Put two science geeks and a case of Twinkies in a typical high-rise university dorm during finals week, and what do you get? This page shows the twisted results. Common dorm-room items are employed to put the cakes through a series of, er, "scientific" tests, including a "Rapid Oxidation Test", a "Gravitational Response Test", a "Radiation Test", and a Turing test (a test for sentience).

1001 Uses for Duct Tape
(Give or Take 851)
http://www.intranet.ca/~mdeabreu/ducttape.html

"Duct tape is like the Force: it has a light side, it has a dark side, and it holds the universe together." With that philosophy in mind, the Tim Allen/Bob Vila disciples behind this site present an anthology of ways to make the world better one roll at a time: "Great retreading for worn-out, shredded tires." "Patch up the hole in the ozone layer." "Tape your TV to the ceiling above your bed so you can watch it while lying down." "Cheap, ultra-effective toilet paper." "Put a little cologne on a strip and hang it in your car - instant air freshener."

Brittanica Online
http://www.eb.com:180/

Most people on campus seem to be unaware of the fact that Bates has a subscription to the online edition of the Encyclopedia Brittanica.
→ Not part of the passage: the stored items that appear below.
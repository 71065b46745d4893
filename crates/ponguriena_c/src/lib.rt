// The C interface of the library `ponguriena`: an export for each of its functions, with the same clauses. A call that may be refused answers the refusal's number, or 0.
#![tactic(auto)]

ghost use Rattle.std.specs.Prelude.{◌≡◌, [], ◌∷◌};
ghost use Rattle.map_tiles.specs.Map.{sides_of};
ghost use Rattle.world.specs.Run.{input_of};
ghost use Rattle.world_buffers.specs.Buffers.{fresh_in, join_in, leave_in, input_in, tune_in};
ghost use Rattle.world_buffers.specs.Stepping.{step_in};
ghost use Rattle.ponguriena.specs.ByRole.{call_as, step_as, read_in_as, send_as, send_step_as, search_as};
ghost use Rattle.world_buffers.specs.Readers.{read_in};
ghost use Rattle.aim_scan.specs.Scan.{scanned};
ghost use Rattle.game_packed.specs.Lent.{pack_in, unpack_in};
ghost use Rattle.map_totals.specs.Calls.{build_in, area_in, change_in};
ghost use Rattle.character.specs.Tick.{seats};
ghost use Rattle.send_rule.specs.Send.{no_copies, fresh_screen};
ghost use Rattle.send_numbers.specs.Copies.{sender_count, screen_count, copies_encoding, screen_encoding};
ghost use Rattle.send_buffers.specs.Sends.{fresh_buffer, send_in, send_step_in};
ghost use Rattle.send_buffers.specs.Screens.{receive_in, shown_in};
ghost use Rattle.search_calls.specs.Numbers.{search_in};
ghost use Rattle.trial_rule.specs.Calls.{trial_in};
ghost use Rattle.ponguriena.specs.Layout.{layout};
ghost use Rattle.world.specs.declared.call.Call.TheVariants as call;
ghost use Rattle.world.specs.declared.reading.Query.TheVariants as query;

// The calls on a world that is kept as the numbers of a lent buffer, by the number of a role.

#[unsafe(no_mangle)]
pub extern "C" fn ponguriena_fresh(world: &mut [i32]) -> u32
    ensures { fresh_in world.old ≡ record { number = result; world = world.new } }
{
    ponguriena::ponguriena_fresh(world)
}

#[unsafe(no_mangle)]
pub extern "C" fn ponguriena_join(
    role: i32,
    world: &mut [i32],
    width: u32,
    height: u32,
    tiles: &[u8],
    id: i32,
    x: i32,
    y: i32,
) -> u32
    ensures { call_as role (call.Join id x y) world.old (join_in (sides_of width height) tiles.now world.old id x y) ≡ record { number = result; world = world.new } }
{
    ponguriena::ponguriena_join(role, world, width, height, tiles, id, x, y)
}

#[unsafe(no_mangle)]
pub extern "C" fn ponguriena_leave(role: i32, world: &mut [i32], id: i32) -> u32
    ensures { call_as role (call.Leave id) world.old (leave_in world.old id) ≡ record { number = result; world = world.new } }
{
    ponguriena::ponguriena_leave(role, world, id)
}

#[unsafe(no_mangle)]
pub extern "C" fn ponguriena_input(
    role: i32,
    world: &mut [i32],
    id: i32,
    direction: i32,
    target_x: i32,
    target_y: i32,
    jump: i32,
    hook: i32,
) -> u32
    ensures { call_as role (call.Input id direction target_x target_y jump hook) world.old (input_in world.old id (input_of direction target_x target_y jump hook)) ≡ record { number = result; world = world.new } }
{
    ponguriena::ponguriena_input(role, world, id, direction, target_x, target_y, jump, hook)
}

#[unsafe(no_mangle)]
pub extern "C" fn ponguriena_tune(role: i32, world: &mut [i32], index: i32, value: i32) -> u32
    ensures { call_as role (call.Tune index value) world.old (tune_in world.old index value) ≡ record { number = result; world = world.new } }
{
    ponguriena::ponguriena_tune(role, world, index, value)
}

#[unsafe(no_mangle)]
pub extern "C" fn ponguriena_step(
    role: i32,
    world: &mut [i32],
    width: u32,
    height: u32,
    tiles: &[u8],
    records: &mut [i32],
    removed: &mut [i32],
    count: &mut usize,
) -> u32
    ensures { step_as role world.old (record { records = records.entry.now; removed = removed.old; count = count.old }) (step_in (sides_of width height) tiles.now world.old (record { records = records.entry.now; removed = removed.old; count = count.old })) ≡ record { number = result; world = world.new; told = record { records = records.exit.now; removed = removed.new; count = count.new } } }
{
    ponguriena::ponguriena_step(role, world, width, height, tiles, records, removed, count)
}

// What is read of a world that is kept as the numbers of a lent buffer, by the number of a role.

#[unsafe(no_mangle)]
pub extern "C" fn ponguriena_record(role: i32, world: &[i32], id: i32, record: &mut [i32]) -> u32
    ensures { read_in_as role (query.Record id) «record».old (read_in (query.Record id) world.now «record».old) ≡ record { number = result; numbers = «record».new } }
{
    ponguriena::ponguriena_record(role, world, id, record)
}

#[unsafe(no_mangle)]
pub extern "C" fn ponguriena_player_input(
    role: i32,
    world: &[i32],
    id: i32,
    input: &mut [i32],
) -> u32
    ensures { read_in_as role (query.PlayerInput id) input.old (read_in (query.PlayerInput id) world.now input.old) ≡ record { number = result; numbers = input.new } }
{
    ponguriena::ponguriena_player_input(role, world, id, input)
}

#[unsafe(no_mangle)]
pub extern "C" fn ponguriena_tuning(role: i32, world: &[i32], index: i32, value: &mut i32) -> u32
    ensures { read_in_as role (query.Tuning index) (value.old ∷ []) (read_in (query.Tuning index) world.now (value.old ∷ [])) ≡ record { number = result; numbers = value.new ∷ [] } }
{
    ponguriena::ponguriena_tuning(role, world, index, value)
}

#[unsafe(no_mangle)]
pub extern "C" fn ponguriena_floor_mark(role: i32, world: &[i32], id: i32, mark: &mut i32) -> u32
    ensures { read_in_as role (query.FloorMark id) (mark.old ∷ []) (read_in (query.FloorMark id) world.now (mark.old ∷ [])) ≡ record { number = result; numbers = mark.new ∷ [] } }
{
    ponguriena::ponguriena_floor_mark(role, world, id, mark)
}

// The aim angle of a target. No world is lent, so no role is named, and nothing is refused.

#[unsafe(no_mangle)]
pub extern "C" fn ponguriena_aim(target_x: i32, target_y: i32, entries_read: &mut u32) -> i32
    ensures { scanned target_x target_y ≡ record { angle = result; read = entries_read.new } }
{
    ponguriena::ponguriena_aim(target_x, target_y, entries_read)
}

// Records as bytes.

#[unsafe(no_mangle)]
pub extern "C" fn ponguriena_pack(record: &[i32], bytes: &mut [u8], count: &mut usize) -> u32
    ensures { pack_in «record».now bytes.old count.old ≡ record { number = result; bytes = bytes.new; count = count.new } }
{
    ponguriena::ponguriena_pack(record, bytes, count)
}

#[unsafe(no_mangle)]
pub extern "C" fn ponguriena_unpack(bytes: &[u8], record: &mut [i32], used: &mut usize) -> u32
    ensures { unpack_in bytes.now «record».old used.old ≡ record { number = result; numbers = «record».new; used = used.new } }
{
    ponguriena::ponguriena_unpack(bytes, record, used)
}

// The solid tiles of a map's rectangles. No world is lent, so no role is named.

#[unsafe(no_mangle)]
pub extern "C" fn ponguriena_area_build(
    width: u32,
    height: u32,
    tiles: &[u8],
    totals: &mut [u32],
) -> u32
    ensures { build_in (sides_of width height) tiles.now totals.old ≡ record { number = result; totals = totals.new } }
{
    ponguriena::ponguriena_area_build(width, height, tiles, totals)
}

#[unsafe(no_mangle)]
pub extern "C" fn ponguriena_area_count(
    width: u32,
    height: u32,
    tiles: &[u8],
    totals: &[u32],
    left: i32,
    top: i32,
    columns: i32,
    rows: i32,
    count: &mut u32,
) -> u32
    ensures { area_in (sides_of width height) tiles.now totals.now left top columns rows count.old ≡ record { number = result; count = count.new } }
{
    ponguriena::ponguriena_area_count(
        width, height, tiles, totals, left, top, columns, rows, count,
    )
}

#[unsafe(no_mangle)]
pub extern "C" fn ponguriena_area_change(
    width: u32,
    height: u32,
    tiles: &mut [u8],
    totals: &mut [u32],
    column: i32,
    row: i32,
    byte: u8,
) -> u32
    ensures { change_in (sides_of width height) tiles.old totals.old column row byte ≡ record { number = result; tiles = tiles.new; totals = totals.new } }
{
    ponguriena::ponguriena_area_change(width, height, tiles, totals, column, row, byte)
}

// A sender beside a world, by the number of a role, and a screen.

#[unsafe(no_mangle)]
pub extern "C" fn ponguriena_sender_fresh(sender: &mut [i32]) -> u32
    ensures { fresh_buffer sender_count (copies_encoding (no_copies seats)) sender.old ≡ record { number = result; numbers = sender.new } }
{
    ponguriena::ponguriena_sender_fresh(sender)
}

#[unsafe(no_mangle)]
pub extern "C" fn ponguriena_send_leave(
    role: i32,
    world: &mut [i32],
    sender: &mut [i32],
    id: i32,
    passed: &mut [i32],
    count: &mut usize,
) -> u32
    ensures { send_as role (call.Leave id) world.old (record { sender = sender.entry.now; passed = passed.old; count = count.old }) (send_in (call.Leave id) (leave_in world.old id) world.old (record { sender = sender.entry.now; passed = passed.old; count = count.old })) ≡ record { left = record { number = result; world = world.new }; sent = record { sender = sender.exit.now; passed = passed.new; count = count.new } } }
{
    ponguriena::ponguriena_send_leave(role, world, sender, id, passed, count)
}

#[unsafe(no_mangle)]
pub extern "C" fn ponguriena_send_tune(
    role: i32,
    world: &mut [i32],
    sender: &mut [i32],
    index: i32,
    value: i32,
    passed: &mut [i32],
    count: &mut usize,
) -> u32
    ensures { send_as role (call.Tune index value) world.old (record { sender = sender.entry.now; passed = passed.old; count = count.old }) (send_in (call.Tune index value) (tune_in world.old index value) world.old (record { sender = sender.entry.now; passed = passed.old; count = count.old })) ≡ record { left = record { number = result; world = world.new }; sent = record { sender = sender.exit.now; passed = passed.new; count = count.new } } }
{
    ponguriena::ponguriena_send_tune(role, world, sender, index, value, passed, count)
}

#[unsafe(no_mangle)]
pub extern "C" fn ponguriena_send_step(
    role: i32,
    world: &mut [i32],
    sender: &mut [i32],
    width: u32,
    height: u32,
    tiles: &[u8],
    records: &mut [i32],
    removed: &mut [i32],
    removed_count: &mut usize,
    passed: &mut [i32],
    count: &mut usize,
) -> u32
    ensures { send_step_as role world.old (record { records = records.entry.now; removed = removed.old; count = removed_count.old }) (record { sender = sender.entry.now; passed = passed.old; count = count.old }) (send_step_in (sides_of width height) tiles.now world.old (record { records = records.entry.now; removed = removed.old; count = removed_count.old }) (record { sender = sender.entry.now; passed = passed.old; count = count.old })) ≡ record { left = record { number = result; world = world.new; told = record { records = records.exit.now; removed = removed.new; count = removed_count.new } }; sent = record { sender = sender.exit.now; passed = passed.new; count = count.new } } }
{
    ponguriena::ponguriena_send_step(
        role,
        world,
        sender,
        width,
        height,
        tiles,
        records,
        removed,
        removed_count,
        passed,
        count,
    )
}

#[unsafe(no_mangle)]
pub extern "C" fn ponguriena_screen_fresh(screen: &mut [i32]) -> u32
    ensures { fresh_buffer screen_count (screen_encoding (fresh_screen seats)) screen.old ≡ record { number = result; numbers = screen.new } }
{
    ponguriena::ponguriena_screen_fresh(screen)
}

#[unsafe(no_mangle)]
pub extern "C" fn ponguriena_receive(
    screen: &mut [i32],
    width: u32,
    height: u32,
    tiles: &[u8],
    passed: &[i32],
    used: &mut usize,
) -> u32
    ensures { receive_in (sides_of width height) tiles.now screen.old passed.now used.old ≡ record { number = result; screen = screen.new; used = used.new } }
{
    ponguriena::ponguriena_receive(screen, width, height, tiles, passed, used)
}

#[unsafe(no_mangle)]
pub extern "C" fn ponguriena_shown(screen: &[i32], id: i32, record: &mut [i32]) -> u32
    ensures { shown_in screen.now id «record».old ≡ record { number = result; numbers = «record».new } }
{
    ponguriena::ponguriena_shown(screen, id, record)
}

// How somebody could get to a place, by the number of a role.

#[unsafe(no_mangle)]
pub extern "C" fn ponguriena_search(
    role: i32,
    world: &[i32],
    width: u32,
    height: u32,
    tiles: &[u8],
    id: i32,
    x: i32,
    y: i32,
    way: &mut [i32],
) -> u32
    ensures { search_as role way.old (search_in (sides_of width height) tiles.now world.now id x y way.old) ≡ record { number = result; numbers = way.new } }
{
    ponguriena::ponguriena_search(role, world, width, height, tiles, id, x, y, way)
}

// Trial players for tunings. No world is lent, so no role is named.

#[unsafe(no_mangle)]
pub extern "C" fn ponguriena_trial(
    width: u32,
    height: u32,
    tiles: &[u8],
    joins: &[i32],
    targets: &[i32],
    tunings: &[i32],
    steps: i32,
    res: &mut [i32],
) -> u32
    ensures { trial_in seats (sides_of width height) tiles.now joins.now targets.now tunings.now steps res.old ≡ record { number = result; result = res.new } }
{
    ponguriena::ponguriena_trial(width, height, tiles, joins, targets, tunings, steps, res)
}

// Which numbers a world, a sender, a screen and what is passed along consist of, as one number: who keeps them from one version to the next compares it.

#[unsafe(no_mangle)]
pub extern "C" fn ponguriena_layout() -> u32
    ensures { result ≡ layout }
{
    ponguriena::ponguriena_layout()
}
In addition to a searchable, full-text version of the encyclopedia, the site includes an online Merriam-Webster dictionary.

I find this site is perfect for quickly looking up mysterious words or concepts, especially when you can't seem to find that dictionary or desk encyclopedia under those mountainous piles of papers and dirty socks strewn about your room.

Note that Brittanica Online is only accessible from subscribing sites (like Bates), and may not work for accesses from elsewhere.

Mac OS Rumors
http://www.macosrumors.com/

Mac fanatics, take note: this site brings you a daily dose of major news and industry rumors from within Apple and around the Mac computing world. Stories speculate on future industry moves, and offer sneak peeks at forthcoming hardware and software; sections of the site track progress on Apple's upcoming system software releases, including the ground-breaking Rhapsody operating system.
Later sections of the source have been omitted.